Repeat exactly the lines below that lie between the line with "fn ledger_in(alloc: Global, settings: &Table)" and the line with "or its default.", counting both of those lines as part of the answer.
[RECORD EXTRACTS — start]
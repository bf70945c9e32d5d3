//! What `tsc` does where no collector is to run: it looks what its arguments ask for, reads a configuration, runs a
//! script by it, tells its faults, shows a request, or tells what is in a ledger's folder; and how it ends, whatever it did: its last text and its status.
//!
//! ```
//! let (writer, outcome) = replay_by(alloc, read_file(rt, alloc, path), &mut script, writer);
//! let (writer, status) = finish(writer, &mut text, outcome);
//! ```
#![tactic(auto)]

mod asking;
mod comparing;
mod configuration;
mod ledger;
mod outcome;
mod progress;
mod replay;
mod showing;
mod surroundings;
mod validating;

pub use asking::{Command, Form, HELP, LedgerForm, VERSION, asked};
pub use comparing::compare_by;
pub use configuration::{
    FileFault, MAX_CONFIG_LEN, ReadFault, config_in, config_of, read_file, text_in,
};
pub use ledger::{say_pending, tell_ledger};
pub use outcome::{Outcome, TEXT_ROOM, finish, without_memory};
pub use progress::Progress;
pub use replay::replay_by;
pub use showing::show_by;
pub use surroundings::Surroundings;
pub use validating::told_of;
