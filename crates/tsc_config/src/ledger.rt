//! Where requests wait that are to outlive the process.
ghost use Rattle.std.specs.Prelude.{◌≡◌, codes, IfOk};
ghost use Rattle.toml.specs.Data.{get_member};
ghost use Rattle.toml.specs.View.{view, table_view};
ghost use Rattle.tsc_config.specs.Values.{ledger_in, ledger_of, ledger_sync_named, ledger_sync_of, ledger_value};

use crate::settings_values::{number_at, text_at};
use config_faults::{NumberKey, member};
use otlp_types::Text;
use std::alloc::{AllocError, Global};
use toml::{Table, Value};

/// Where requests wait until all of their spans were handed over or counted, so that the next start takes them again
/// after a kill.
#[derive(Drop)]
pub struct Ledger {
    /// The path of the folder in which they wait, or nothing: then they outlive no kill.
    pub path: Text,
    /// When its files are synced.
    pub sync: LedgerSync,
    /// The time between two syncs with [`LedgerSync::Interval`], in milliseconds, from 1 to 60000.
    pub sync_interval_ms: u64,
    /// How many mebibytes the folder has at most, from 1 to 1048576.
    pub max_mib: u64,
}

/// When the files of the ledger are synced.
#[derive(Clone, Copy, PartialEq, Eq)]
pub enum LedgerSync {
    /// Never: what was answered 200 outlives a kill of the process.
    None,
    /// From time to time: it outlives a crash of the machine too, but for what came since.
    Interval,
    /// Before each answer: it outlives that too.
    Request,
}

/// What stands at `ledger`.
pub fn ledger_at(alloc: Global, table: &Table) -> Result<Ledger, AllocError>
    ensures { IfOk result (λ ledger. ledger ≡ ledger_of (get_member (codes "ledger") (table_view table.now))) }
{
    match member(table, "ledger") {
        Some(value) => ledger_value(alloc, value),
        None => ledger_in(alloc, &Table::new(alloc)),
    }
}

fn ledger_value(alloc: Global, value: &Value) -> Result<Ledger, AllocError>
    ensures { IfOk result (λ ledger. ledger ≡ ledger_value (view value.now)) }
{
    match value {
        Value::Table(settings) => ledger_in(alloc, settings),
        _ => ledger_in(alloc, &Table::new(alloc)),
    }
}

/// What these settings give.
fn ledger_in(alloc: Global, settings: &Table) -> Result<Ledger, AllocError>
    ensures { IfOk result (λ ledger. ledger ≡ ledger_in (table_view settings.now)) }
{
    Ok(Ledger {
        path: text_at(alloc, settings, "path")?,
        sync: ledger_sync_at(settings),
        sync_interval_ms: number_at(settings, NumberKey::SyncInterval),
        max_mib: number_at(settings, NumberKey::LedgerMax),
    })
}

/// What stands at the key `sync`, or its default.
fn ledger_sync_at(settings: &Table) -> LedgerSync
    ensures { result ≡ ledger_sync_of (get_member (codes "sync") (table_view settings.now)) }
{
    match member(settings, "sync") {
        Some(Value::String(text)) => sync_named(text.as_str()),
        _ => LedgerSync::None,
    }
}

/// What a text names.
fn sync_named(text: &str) -> LedgerSync
    ensures { result ≡ ledger_sync_named text.now }
{
    match text {
        "interval" => LedgerSync::Interval,
        "request" => LedgerSync::Request,
        _ => LedgerSync::None,
    }
}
[RECORD EXTRACTS — finish]
TASK SOLUTION:
fn ledger_in(alloc: Global, settings: &Table) -> Result<Ledger, AllocError>
    ensures { IfOk result (λ ledger. ledger ≡ ledger_in (table_view settings.now)) }
{
    Ok(Ledger {
        path: text_at(alloc, settings, "path")?,
        sync: ledger_sync_at(settings),
        sync_interval_ms: number_at(settings, NumberKey::SyncInterval),
        max_mib: number_at(settings, NumberKey::LedgerMax),
    })
}

/// What stands at the key `sync`, or its default.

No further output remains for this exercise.